Genetically-altered pigs are being considered as the primary source for xenotransplants despite the existence of over 25 diseases in pigs that can infect humans.  New pig viruses continue to be discovered daily. The deadly Malaysian "Nipah" virus infected over 250 humans, killed 100, and led to the mass slaughter of some one million pigs.

The FDA must be flooded with your letters and postcards now.  The deadline for comments is July 6, 1999.  Here are some key points to make:

  • Pigs are not any safer than nonhuman primates: witness swine influenza, the Porcine Endogenous Retroviruses (PERVS), the Australian paramyxovirus, a novel strain of Hepatitis E found in US pig herds, and the new Malaysian "Nipah" virus that has devastated humans and pigs alike.  PERVS, present throughout the pig genome, have infected human cells in vitro. The influenza virus of 1918, which resembled a common swine flu virus, killed more people in modern history than any other epidemic including AIDS and the Black Plague.

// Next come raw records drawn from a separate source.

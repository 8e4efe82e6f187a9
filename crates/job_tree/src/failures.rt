//! To pass a failure on to the parents.

ghost use Rattle.std.specs.Prelude.{◌≡◌};
ghost use Rattle.call_meaning.specs.Seen.{MayCallJob, tree_in};
ghost use Rattle.job_tree.specs.Callers.{SameCaller, seen, HasRoomForAll};
ghost use Rattle.job_tree.specs.Passes.{IsFailure};
ghost use Rattle.job_tree.specs.Failures.{ParentAnswer, IsFailedUp, ClimbAnswer};
ghost use Rattle.job_tree.specs.declared.caller.Reserve.TheVariants.{Before};

use crate::caller::{JobCaller, Reserve};
use co_base::{Memory, Row, Wakes};
use job_model::{JobFloor, Reason};
use note_book::NoteBook;

impl<F: JobFloor, B: NoteBook, W: Wakes> JobCaller<'_, '_, '_, F, B, W> {
    /// The parent that a failure of this Job cancels.
    fn failing_parent(&mut self, row: Row) -> Option<Row>
        requires can { MayCallJob row (seen F.view B.items self.old) }
        ensures same { SameCaller F.anchor self.old self.new }
        ensures book { self.new.book.now ≡ self.old.book.now }
        ensures answer { ParentAnswer row (seen F.view B.items self.old) (seen F.view B.items self.new) result }
    {
        if row == 0 {
            return None;
        }
        let Some(job) = self.floor.look(self.who, row) else {
            return None;
        };
        if job.kind.scoped {
            return None;
        }
        let parent = self.floor.link(self.who, row).parent;
        let Some(above) = self.floor.look(self.who, parent) else {
            return None;
        };
        if above.kind.supervisor {
            return None;
        }
        Some(parent)
    }

    /// Cancels the parent of a Job that failed, with all below it, and so on upwards: up to the root, a scope, the child
    /// of a supervisor, or a parent that was Cancelling or had ended before. Takes no memory.
    pub fn fail_up(&mut self, row: Row)
        requires can { MayCallJob row (seen F.view B.items self.old) }
        requires failed { IsFailure (tree_in (seen F.view B.items self.old) row) }
        requires room { HasRoomForAll F.view B.spare self.old }
        ensures same { SameCaller F.anchor self.old self.new }
        ensures up { IsFailedUp row (seen F.view B.items self.old) (seen F.view B.items self.new) }
        ensures room { HasRoomForAll F.view B.spare self.new }
    {
        match self.climb(row, Reserve::Before) {
            Ok(()) => {}
            Err(_) => unreachable!(),
        }
    }

    /// As `fail_up`. Memory, which comes only if room is made as it goes: the Cancels made so far stand and are noted.
    /// Each pass leaves out what the one before it walked, so that a chain costs in step with its length.
    pub fn climb(&mut self, row: Row, reserve: Reserve) -> Result<(), Memory>
        requires can { MayCallJob row (seen F.view B.items self.old) }
        requires failed { IsFailure (tree_in (seen F.view B.items self.old) row) }
        requires room { reserve ≡ Before → HasRoomForAll F.view B.spare self.old }
        ensures same { SameCaller F.anchor self.old self.new }
        ensures answer { ClimbAnswer row reserve (seen F.view B.items self.old) (seen F.view B.items self.new) result }
        ensures room { reserve ≡ Before → HasRoomForAll F.view B.spare self.new }
    {
        let mut at = row;
        let mut covered = None;
        while let Some(parent) = self.failing_parent(at) {
            match self.pass_except(parent, Reason::Child(at), covered, reserve) {
                Ok(passed) => {
                    if !passed.newly {
                        return Ok(());
                    }
                    at = parent;
                    covered = Some(parent);
                }
                Err(memory) => return Err(memory),
            }
        }
        Ok(())
    }
}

  • Remind the FDA that it violated the national Environmental Policy Act by failing to perform an environmental impact statement before allowing clinical xenotransplantation experiments.
 
  • Xenotransplantation is receiving substantial public (and private) financing without adequate public debate.  Tell the FDA that you do not want your tax dollars used to develop xenotransplantation.

  • There are safer, more cost-effective, and humane alternatives to xenotransplantation that are not being explored by regulatory authorities.  These include investing heavily in preventive medicine programs to reduce the need for transplants of all kinds, and increasing the pool of human organs as many European countries have successfully done through legislative schemes. 

  • Demand that the Department of Health and Human Services ban xenotransplantation from all nonhuman species immediately.

Some questions you may wish to ask the FDA:

  • Who will pay the hidden costs of breeding, housing, feeding, medicating, screening, transporting, rendering, and disposing of the waste and remains of herds of transgenic pigs?

  • Can we justify raising more pigs for human use at a time when the Environmental Protection Agency is placing new restrictions on livestock pollution?

  • Given that over 45 million Americans lack basic health care, can we spend hundreds of thousands of dollars on operations that promise to be more expensive than standard allotransplants?

  • Xenograft recipients and their close contacts would require life-long monitoring for signs of infection;  the FDA wants to establish a multi-million dollar registry and archive to house blood and tissue from source animals and patients for at least 50 years at taxpayer expense.  Is this fair?

  • Who will be held accountable if a zoonotic virus spreads to the human population?

  • Why do European countries like Spain, Austria and Belgium have much higher organ donation rates that the U.S.?

  • Given the acknowledged danger xenotransplantation poses to individual patients and society at large, does the technology deserve continued public support?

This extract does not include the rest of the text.